Multiple-gaze geometry: Inferring novel 3Dlocations from gazes observed in monocularvideo
Abstract. We develop using person gaze direction for scene understanding. In particular, we use intersecting gazes to learn 3D locations that
people tend to look at, which is analogous to having multiple camera
views. The 3D locations that we discover need not be visible to the camera. Conversely, knowing 3D locations of scene elements that draw visual
attention, such as other people in the scene, can help infer gaze direction. We provide a Bayesian generative model for the temporal scene
that captures the joint probability of camera parameters, locations of
people, their gaze, what they are looking at, and locations of visual attention. Both the number of people in the scene and the number of
extra objects that draw attention are unknown and need to be inferred.
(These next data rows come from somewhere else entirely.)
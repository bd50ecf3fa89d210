//! The value of a field that stands in a span.

ghost use Rattle.std.specs.Prelude.{IfOk, IfErr};
ghost use Rattle.x509_values.specs.Values.{IsValueIn, NoValueIn};

use std::alloc::Allocator;
use x509_der::laws::spellings_are_lawful;
use x509_der::{FromDer, ReadError, from_bytes};
use x509_fields::Span;

/// The value that a span of an input encodes. Takes no memory where reading the type takes none.
///
/// # Errors
/// Where the type takes no memory, refused only where the span encodes no value.
pub fn value_within<T: FromDer<A>, A: Allocator + Copy>(
    alloc: A,
    bytes: &[u8],
    span: Span,
) -> Result<T, ReadError>
    ensures ok { IfOk result (IsValueIn T.shape bytes.now span) }
    ensures err { T.shape.frugal → IfErr result (λ e. NoValueIn T.shape bytes.now span) }
{
    spellings_are_lawful::<T, A>();
    from_bytes::<T, A>(alloc, span.slice(bytes).unwrap_or(&[]))
}
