//! The purposes of an extended key usage.

ghost use Rattle.std.specs.Prelude.{◌≡◌, ◌+◌, List, ℕ};
ghost use Rattle.x509_der.specs.Element.{element, header};
ghost use Rattle.x509_der.specs.Fields.{Stands};
ghost use Rattle.x509_der.specs.Tally.{Tally};
ghost use Rattle.picky_asn1_x509.specs.ExtendedKeyUsage.{key_purpose};
ghost use Rattle.x509_values.specs.Purposes.{PurposeTold, PurposesWithin};

use crate::elements::{Element, Elements};
use crate::put::put;
use picky_asn1_x509::ExtendedKeyUsage;
use std::alloc::Allocator;
use x509_der::ObjectIdentifierAsn1;
use x509_der::laws::spellings_are_lawful;
use x509_fields::Span;

/// Where the content of an object identifier stands that is the element.
fn placed(identifier: Element<'_>) -> Span
    ensures { (v : List ℕ) (n : ℕ) (slice string : List ℕ) (whole : Tally) → Stands key_purpose v n slice string whole →
        slice ≡ element identifier.entry.tag identifier.entry.inside.rest →
        identifier.entry.inside.at ≡ n + header identifier.entry.inside.rest → PurposeTold string whole v n slice result }
{
    identifier.inside.span()
}

/// Writes where the contents of the object identifiers stand of the purposes that a span of an input encodes, whatever
/// purposes they are (RFC 5280, 4.2.1.12), in order, as far as the slice has room, and answers how many there are. Takes no
/// memory. Of a span that encodes no such list it says nothing.
pub fn purposes_within<A: Allocator + Copy>(bytes: &[u8], span: Span, out: &mut [Span]) -> usize
    ensures { PurposesWithin bytes.now span out.old out.new result }
{
    spellings_are_lawful::<ExtendedKeyUsage<A>, A>();
    spellings_are_lawful::<ObjectIdentifierAsn1<A>, A>();
    let mut list = Elements::over(bytes, span);
    let mut purposes = list.take().inside;
    let mut told: usize = 0;
    'purposes: while let Some(identifier) = purposes.next() {
        put(placed(identifier), told, out);
        told += 1;
    }
    told
}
To execute this joint inference we use a probabilistic data association
approach that enables principled comparison of model hypotheses. We
use MCMC for inference over the discrete correspondence variables, and
approximate the marginalization over continuous parameters using the
Metropolis-Laplace approximation, using Hamiltonian (Hybrid) Monte
Carlo for maximization. As existing data sets do not provide the 3D
locations of what people are looking at, we contribute a small data set
that does. On this data set, we infer what people are looking at with
59% precision compared with 13% for a baseline approach, and where
those objects are within about 0.58m.